How does proximity to the nearest MRT station affect demand and capital appreciation for units at this development?

Bukit Batok's transport connectivity underpins sustained demand and capital retention across property cycles. Whilst the specific street may not sit on a direct MRT station, the broader Bukit Batok precinct maintains accessibility via complementary transport modes and established commuting patterns that have withstood multiple planning cycles. Areas with established, multi-modal transport systems experience more resilient capital appreciation than those dependent on single-route connectivity, as demand remains robust even during temporary transit disruptions. Properties in Bukit Batok have historically demonstrated steady capital appreciation partly attributable to mature transport infrastructure and commuting certainty. For purchasers evaluating medium to long-term holding horizons, the area's transport maturity provides confidence that commuting patterns and accessibility will remain stable rather than subject to future disruption from infrastructure change. Units within closest walking distance to major transit nodes may command modest premiums, but the broader development benefits from area-level transport certainty.

Which buyer profiles are best suited to 290G Bukit Batok Street 24, and why?

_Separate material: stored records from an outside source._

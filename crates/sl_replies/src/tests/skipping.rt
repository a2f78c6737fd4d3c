use super::{RESULTS, is_read, text};
use crate::is_reply;
use std::test::Fail;

#[test]
fn whole_results_alone_are_replies(rt: HostRuntime) -> Result<(), Fail> {
    for (procedure, numbers) in RESULTS.iter() {
        let mut bytes = text(rt.alloc(), numbers)?;
        assert!(rt; is_reply(*procedure, &bytes), "{procedure}");
        for n in 0..bytes.len() {
            assert!(rt; !is_reply(*procedure, &bytes[..n]), "{procedure}");
        }
        bytes.push(0)?;
        assert!(rt; !is_reply(*procedure, &bytes), "{procedure}");
    }
    Ok(())
}

#[test]
fn replies_are_what_can_be_read(rt: HostRuntime) -> Result<(), Fail> {
    for (_, numbers) in RESULTS.iter() {
        let bytes = text(rt.alloc(), numbers)?;
        for procedure in 0..23 {
            let read = is_read(rt.alloc(), procedure, &bytes);
            assert_eq!(rt; is_reply(procedure, &bytes), read, "{procedure}");
        }
    }
    Ok(())
}

#[test]
fn a_list_that_goes_on_is_no_reply(rt: HostRuntime) -> Result<(), Fail> {
    let bytes = text(rt.alloc(), &[0, 0, 0, 0, 1, 0, 1])?;
    assert!(rt; !is_reply(16, &bytes));
    Ok(())
}
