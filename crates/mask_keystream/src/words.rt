//! Bits of bytes as words, each bit in lane 0 of a word.

ghost use Rattle.std.specs.Prelude.{◌≡◌, ◌≤◌, length};
ghost use Rattle.mask_bits.specs.Lanes.{lane};
ghost use Rattle.mask_bits.specs.Reading.{low};
ghost use Rattle.mask_modes.specs.Steps.{block_at};

use mask_chain::put_low_bits;

/// The words of an IV.
pub(crate) fn iv_words(iv: &[u8; 10]) -> [u64; 80]
    ensures { lane 0 result ≡ low iv.now }
{
    let mut words = [0; 80];
    put_low_bits(iv, &mut words);
    words
}

/// The words of a block that begins with these bytes and is filled up with zeros.
pub(crate) fn block_words(piece: &[u8]) -> [u64; 64]
    requires few { length piece.now ≤ 8 }
    ensures { lane 0 result ≡ low (block_at 8 piece.now 0) }
{
    let mut block = [0; 8];
    block[..piece.len()].copy_from_slice(piece);
    let mut words = [0; 64];
    put_low_bits(&block, &mut words);
    words
}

The development appeals across multiple distinct buyer cohorts. First-time upgraders transitioning from one or two-bedroom public housing to three-bedroom family-scale units appreciate the spatial increase, modern bathroom facilities, and established neighbourhood infrastructure without speculative premium. Young families with multiple children find the three-bedroom configuration operationally superior to smaller stock, particularly where work-from-home arrangements and study spaces have become residential expectations. Conservative investors seeking stable, income-generating assets with predictable tenant demand benefit from Bukit Batok's demographic stability and established rental market. High-net-worth individuals treating HDB acquisitions as alternative asset diversification or portfolio hedging appreciate the area's neighbourhood quality, stable valuation, and absence of cyclical volatility. Retirees and older residents favour the mature neighbourhood character and comprehensive local amenities. Each profile encounters distinct decision weightings—upgraders emphasise family suitability, investors emphasise cashflow stability, HNW investors emphasise diversification—but all find genuine utility within this development.

What TDSR headroom and financing capacity should typical purchasers at this price point expect?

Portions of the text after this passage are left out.